**Work request:**
Write out all of the records, keeping each one exactly as written.

**Given data:**

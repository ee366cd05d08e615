// What is done at a tag, at Eof and at a Fault, by kinds and tag names alone (rules R3 to R16, R18 and S2 to S4).
#![tactic(auto)]

ghost use Rattle.std.specs.Prelude.{◌≡◌, ℕ, List, [], cond};
ghost use Rattle.read_children.specs.of_names.Tags.{tag_of};
ghost use Rattle.read_children.specs.of_table.Event.{Start, Empty, tag_kind};
ghost use Rattle.read_children.specs.of_read_state.Control as plan;
ghost use Rattle.read_rules.specs.Rules as rules;
ghost use Rattle.read_children.specs.of_read_state.inside.Coded.{level_of, output_of, mode_of, is_top, act_in, act_of};

pub use read_children as the_read_children;
use read_children::the_names::tag::{
    PROPERTIES, PROPERTY, STACK_TRACE, SYSTEM_ERR, SYSTEM_OUT, TESTCASE, TESTSUITE, TESTSUITES,
};
use read_children::the_read_state::{Act, Control, Level, Mode, Output};
use read_children::the_refusal::Cause;
use read_children::the_table::kind::{EMPTY, START};
use read_children::the_tree_record::kind::{CASE, REPORT, SUITE};
pub use read_children::{the_names, the_refusal, the_table, the_tree_record, the_tree_status};
use read_children::{child, is_status, list_of, step_status};

// By rules R3 to R5.
#[tactic(auto, using(crate::proofs::Planning::top_opens))]
fn open_top(seen: bool, tag: usize, empty: bool) -> Act
    ensures { (name : List ℕ) → act_in (plan.at plan.top) name result ≡ rules.at_top seen (cond empty Empty Start) tag }
{
    if tag == TESTSUITES {
        return Act::Open(REPORT, empty);
    }
    if (tag == TESTSUITE) & seen {
        return Act::Open(SUITE, empty);
    }
    Act::Pass
}

// By rules R6 and R7; an End `testsuites` without a report is refused (rule R9).
#[tactic(auto, using(crate::proofs::Planning::kind_end), unfolding(crate::specs::Rules::at_top))]
fn step_top(seen: bool, kind: u32, tag: usize) -> Act
    ensures { (name : List ℕ) → act_in (plan.at plan.top) name result ≡ rules.at_top seen (tag_kind kind) tag }
{
    match kind {
        START => open_top(seen, tag, false),
        EMPTY => open_top(seen, tag, true),
        _ => {
            if tag != TESTSUITES {
                return Act::Pass;
            }
            if seen { Act::Stop } else { Act::Missing }
        }
    }
}

#[tactic(auto, using(crate::proofs::Planning::suite_opens))]
fn open_suite(tag: usize, empty: bool) -> Act
    ensures { (name : List ℕ) → tag_of name ≡ tag → act_in (plan.at plan.suite) name result ≡ rules.at_suite (cond empty Empty Start) name }
{
    match tag {
        TESTCASE => Act::Open(CASE, empty),
        PROPERTIES => list_of(empty),
        _ => child(tag, empty),
    }
}

// By rules R10 and R13; any End but the element's own is passed over (rule R12).
#[tactic(auto, using(crate::proofs::Planning::kind_end), unfolding(crate::specs::Rules::at_suite))]
fn step_suite(kind: u32, tag: usize) -> Act
    ensures { (name : List ℕ) → tag_of name ≡ tag → act_in (plan.at plan.suite) name result ≡ rules.at_suite (tag_kind kind) name }
{
    match kind {
        START => open_suite(tag, false),
        EMPTY => open_suite(tag, true),
        _ => {
            if tag == TESTSUITE {
                Act::Close
            } else {
                Act::Pass
            }
        }
    }
}

#[tactic(auto, using(crate::proofs::Planning::case_opens, crate::proofs::Planning::status_most, crate::proofs::Planning::opening_status))]
fn open_case(tag: usize, empty: bool) -> Act
    ensures { (name : List ℕ) → tag_of name ≡ tag → act_in (plan.at plan.case) name result ≡ rules.at_case (cond empty Empty Start) name }
{
    if is_status(tag) {
        return Act::Open(tag as u32, empty);
    }
    if tag == PROPERTIES {
        return list_of(empty);
    }
    child(tag, empty)
}

// By rules R10, R12 and R13, as in a suite.
#[tactic(auto, using(crate::proofs::Planning::kind_end), unfolding(crate::specs::Rules::at_case))]
fn step_case(kind: u32, tag: usize) -> Act
    ensures { (name : List ℕ) → tag_of name ≡ tag → act_in (plan.at plan.case) name result ≡ rules.at_case (tag_kind kind) name }
{
    match kind {
        START => open_case(tag, false),
        EMPTY => open_case(tag, true),
        _ => {
            if tag == TESTCASE {
                Act::Close
            } else {
                Act::Pass
            }
        }
    }
}

// The tag whose next End ends the text (rule R14).
fn tag_of_output(output: Output) -> usize
    ensures { result ≡ rules.tag_of_output (output_of output) }
{
    match output {
        Output::Trace => STACK_TRACE,
        Output::Out => SYSTEM_OUT,
        Output::Err => SYSTEM_ERR,
    }
}

// Tags are passed over, and their depth isn't counted (rule R14).
#[tactic(auto, using(crate::proofs::Planning::text_closes))]
pub fn step_text(output: Output, kind: u32, tag: usize) -> Act
    ensures { (l : plan.Level) (name : List ℕ) → act_in (plan.gathering l (output_of output)) name result ≡ rules.in_text l (output_of output) (tag_kind kind) tag }
{
    if (EMPTY < kind) & (tag == tag_of_output(output)) {
        return Act::CloseText(output);
    }
    Act::Pass
}

// A `property` counts in either spelling (rule R16).
#[tactic(auto, using(crate::proofs::Planning::list_opens))]
fn open_property(tag: usize, empty: bool) -> Act
    ensures { (l : plan.Level) (name : List ℕ) → tag_of name ≡ tag → act_in (plan.listing l) name result ≡ rules.in_list_of l (cond empty Empty Start) name }
{
    if tag == PROPERTY {
        return Act::ReadProperty(empty);
    }
    Act::Pass
}

// An Empty `properties` ends nothing (rule R15).
#[tactic(auto, using(crate::proofs::Planning::kind_end), unfolding(crate::specs::Rules::in_list_of))]
pub fn step_list(kind: u32, tag: usize) -> Act
    ensures { (l : plan.Level) (name : List ℕ) → tag_of name ≡ tag → act_in (plan.listing l) name result ≡ rules.in_list_of l (tag_kind kind) name }
{
    match kind {
        START => open_property(tag, false),
        EMPTY => open_property(tag, true),
        _ => {
            if tag == PROPERTIES {
                Act::CloseList
            } else {
                Act::Pass
            }
        }
    }
}

#[tactic(auto, unfolding(crate::specs::Rules::plan_at))]
fn step_inside(control: Control, kind: u32, tag: usize) -> Act
    ensures { (name : List ℕ) → tag_of name ≡ tag → act_in (plan.at (level_of control.level)) name result ≡ rules.plan_at (plan.at (level_of control.level)) control.seen (tag_kind kind) name }
{
    match control.level {
        Level::Top => step_top(control.seen, kind, tag),
        Level::Suite => step_suite(kind, tag),
        Level::Case => step_case(kind, tag),
        Level::Status => step_status(kind, tag),
    }
}

// A Start, Empty or End with the code of its name.
#[tactic(auto, unfolding(crate::specs::Rules::plan_at))]
pub fn plan_tag(control: Control, kind: u32, tag: usize) -> Act
    ensures { (name : List ℕ) → tag_of name ≡ tag → act_of control name result ≡ rules.plan_at (mode_of control) control.seen (tag_kind kind) name }
{
    match control.mode {
        Mode::At => step_inside(control, kind, tag),
        Mode::Text => step_text(control.output, kind, tag),
        Mode::List => step_list(kind, tag),
    }
}

fn is_top(control: Control) -> bool
    ensures { result ≡ is_top (mode_of control) }
{
    matches!(control.mode, Mode::At) && matches!(control.level, Level::Top)
}

// At report level by rules R8 and R9, in an element by rule R18.
#[tactic(auto, using(crate::proofs::Planning::eof_plans))]
pub fn plan_eof(control: Control) -> Act
    ensures { act_of control [] result ≡ rules.plan_eof (mode_of control) control.seen control.closed }
{
    if !is_top(control) {
        return Act::Broken(Cause::EofInElement);
    }
    if !control.seen {
        return Act::Missing;
    }
    if control.closed {
        return Act::Stop;
    }
    Act::Broken(Cause::EofInElement)
}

**Task response:**
repository ee366cd05d08e615
// What is done at a tag, at Eof and at a Fault, by kinds and tag names alone (rules R3 to R16, R18 and S2 to S4).
#![tactic(auto)]

ghost use Rattle.std.specs.Prelude.{◌≡◌, ℕ, List, [], cond};
ghost use Rattle.read_children.specs.of_names.Tags.{tag_of};
ghost use Rattle.read_children.specs.of_table.Event.{Start, Empty, tag_kind};
ghost use Rattle.read_children.specs.of_read_state.Control as plan;
ghost use Rattle.read_rules.specs.Rules as rules;
ghost use Rattle.read_children.specs.of_read_state.inside.Coded.{level_of, output_of, mode_of, is_top, act_in, act_of};

pub use read_children as the_read_children;
use read_children::the_names::tag::{
    PROPERTIES, PROPERTY, STACK_TRACE, SYSTEM_ERR, SYSTEM_OUT, TESTCASE, TESTSUITE, TESTSUITES,
};
use read_children::the_read_state::{Act, Control, Level, Mode, Output};
use read_children::the_refusal::Cause;
use read_children::the_table::kind::{EMPTY, START};
use read_children::the_tree_record::kind::{CASE, REPORT, SUITE};
pub use read_children::{the_names, the_refusal, the_table, the_tree_record, the_tree_status};
use read_children::{child, is_status, list_of, step_status};

// By rules R3 to R5.
#[tactic(auto, using(crate::proofs::Planning::top_opens))]
fn open_top(seen: bool, tag: usize, empty: bool) -> Act
    ensures { (name : List ℕ) → act_in (plan.at plan.top) name result ≡ rules.at_top seen (cond empty Empty Start) tag }
{
    if tag == TESTSUITES {
        return Act::Open(REPORT, empty);
    }
    if (tag == TESTSUITE) & seen {
        return Act::Open(SUITE, empty);
    }
    Act::Pass
}

// By rules R6 and R7; an End `testsuites` without a report is refused (rule R9).
#[tactic(auto, using(crate::proofs::Planning::kind_end), unfolding(crate::specs::Rules::at_top))]
fn step_top(seen: bool, kind: u32, tag: usize) -> Act
    ensures { (name : List ℕ) → act_in (plan.at plan.top) name result ≡ rules.at_top seen (tag_kind kind) tag }
{
    match kind {
        START => open_top(seen, tag, false),
        EMPTY => open_top(seen, tag, true),
        _ => {
            if tag != TESTSUITES {
                return Act::Pass;
            }
            if seen { Act::Stop } else { Act::Missing }
        }
    }
}

#[tactic(auto, using(crate::proofs::Planning::suite_opens))]
fn open_suite(tag: usize, empty: bool) -> Act
    ensures { (name : List ℕ) → tag_of name ≡ tag → act_in (plan.at plan.suite) name result ≡ rules.at_suite (cond empty Empty Start) name }
{
    match tag {
        TESTCASE => Act::Open(CASE, empty),
        PROPERTIES => list_of(empty),
        _ => child(tag, empty),
    }
}

// By rules R10 and R13; any End but the element's own is passed over (rule R12).
#[tactic(auto, using(crate::proofs::Planning::kind_end), unfolding(crate::specs::Rules::at_suite))]
fn step_suite(kind: u32, tag: usize) -> Act
    ensures { (name : List ℕ) → tag_of name ≡ tag → act_in (plan.at plan.suite) name result ≡ rules.at_suite (tag_kind kind) name }
{
    match kind {
        START => open_suite(tag, false),
        EMPTY => open_suite(tag, true),
        _ => {
            if tag == TESTSUITE {
                Act::Close
            } else {
                Act::Pass
            }
        }
    }
}

#[tactic(auto, using(crate::proofs::Planning::case_opens, crate::proofs::Planning::status_most, crate::proofs::Planning::opening_status))]
fn open_case(tag: usize, empty: bool) -> Act
    ensures { (name : List ℕ) → tag_of name ≡ tag → act_in (plan.at plan.case) name result ≡ rules.at_case (cond empty Empty Start) name }
{
    if is_status(tag) {
        return Act::Open(tag as u32, empty);
    }
    if tag == PROPERTIES {
        return list_of(empty);
    }
    child(tag, empty)
}

// By rules R10, R12 and R13, as in a suite.
#[tactic(auto, using(crate::proofs::Planning::kind_end), unfolding(crate::specs::Rules::at_case))]
fn step_case(kind: u32, tag: usize) -> Act
    ensures { (name : List ℕ) → tag_of name ≡ tag → act_in (plan.at plan.case) name result ≡ rules.at_case (tag_kind kind) name }
{
    match kind {
        START => open_case(tag, false),
        EMPTY => open_case(tag, true),
        _ => {
            if tag == TESTCASE {
                Act::Close
            } else {
                Act::Pass
            }
        }
    }
}

// The tag whose next End ends the text (rule R14).
fn tag_of_output(output: Output) -> usize
    ensures { result ≡ rules.tag_of_output (output_of output) }
{
    match output {
        Output::Trace => STACK_TRACE,
        Output::Out => SYSTEM_OUT,
        Output::Err => SYSTEM_ERR,
    }
}

// Tags are passed over, and their depth isn't counted (rule R14).
#[tactic(auto, using(crate::proofs::Planning::text_closes))]
pub fn step_text(output: Output, kind: u32, tag: usize) -> Act
    ensures { (l : plan.Level) (name : List ℕ) → act_in (plan.gathering l (output_of output)) name result ≡ rules.in_text l (output_of output) (tag_kind kind) tag }
{
    if (EMPTY < kind) & (tag == tag_of_output(output)) {
        return Act::CloseText(output);
    }
    Act::Pass
}

// A `property` counts in either spelling (rule R16).
#[tactic(auto, using(crate::proofs::Planning::list_opens))]
fn open_property(tag: usize, empty: bool) -> Act
    ensures { (l : plan.Level) (name : List ℕ) → tag_of name ≡ tag → act_in (plan.listing l) name result ≡ rules.in_list_of l (cond empty Empty Start) name }
{
    if tag == PROPERTY {
        return Act::ReadProperty(empty);
    }
    Act::Pass
}

// An Empty `properties` ends nothing (rule R15).
#[tactic(auto, using(crate::proofs::Planning::kind_end), unfolding(crate::specs::Rules::in_list_of))]
pub fn step_list(kind: u32, tag: usize) -> Act
    ensures { (l : plan.Level) (name : List ℕ) → tag_of name ≡ tag → act_in (plan.listing l) name result ≡ rules.in_list_of l (tag_kind kind) name }
{
    match kind {
        START => open_property(tag, false),
        EMPTY => open_property(tag, true),
        _ => {
            if tag == PROPERTIES {
                Act::CloseList
            } else {
                Act::Pass
            }
        }
    }
}

#[tactic(auto, unfolding(crate::specs::Rules::plan_at))]
fn step_inside(control: Control, kind: u32, tag: usize) -> Act
    ensures { (name : List ℕ) → tag_of name ≡ tag → act_in (plan.at (level_of control.level)) name result ≡ rules.plan_at (plan.at (level_of control.level)) control.seen (tag_kind kind) name }
{
    match control.level {
        Level::Top => step_top(control.seen, kind, tag),
        Level::Suite => step_suite(kind, tag),
        Level::Case => step_case(kind, tag),
        Level::Status => step_status(kind, tag),
    }
}

// A Start, Empty or End with the code of its name.
#[tactic(auto, unfolding(crate::specs::Rules::plan_at))]
pub fn plan_tag(control: Control, kind: u32, tag: usize) -> Act
    ensures { (name : List ℕ) → tag_of name ≡ tag → act_of control name result ≡ rules.plan_at (mode_of control) control.seen (tag_kind kind) name }
{
    match control.mode {
        Mode::At => step_inside(control, kind, tag),
        Mode::Text => step_text(control.output, kind, tag),
        Mode::List => step_list(kind, tag),
    }
}

fn is_top(control: Control) -> bool
    ensures { result ≡ is_top (mode_of control) }
{
    matches!(control.mode, Mode::At) && matches!(control.level, Level::Top)
}

// At report level by rules R8 and R9, in an element by rule R18.
#[tactic(auto, using(crate::proofs::Planning::eof_plans))]
pub fn plan_eof(control: Control) -> Act
    ensures { act_of control [] result ≡ rules.plan_eof (mode_of control) control.seen control.closed }
{
    if !is_top(control) {
        return Act::Broken(Cause::EofInElement);
    }
    if !control.seen {
        return Act::Missing;
    }
    if control.closed {
        return Act::Stop;
    }
    Act::Broken(Cause::EofInElement)
}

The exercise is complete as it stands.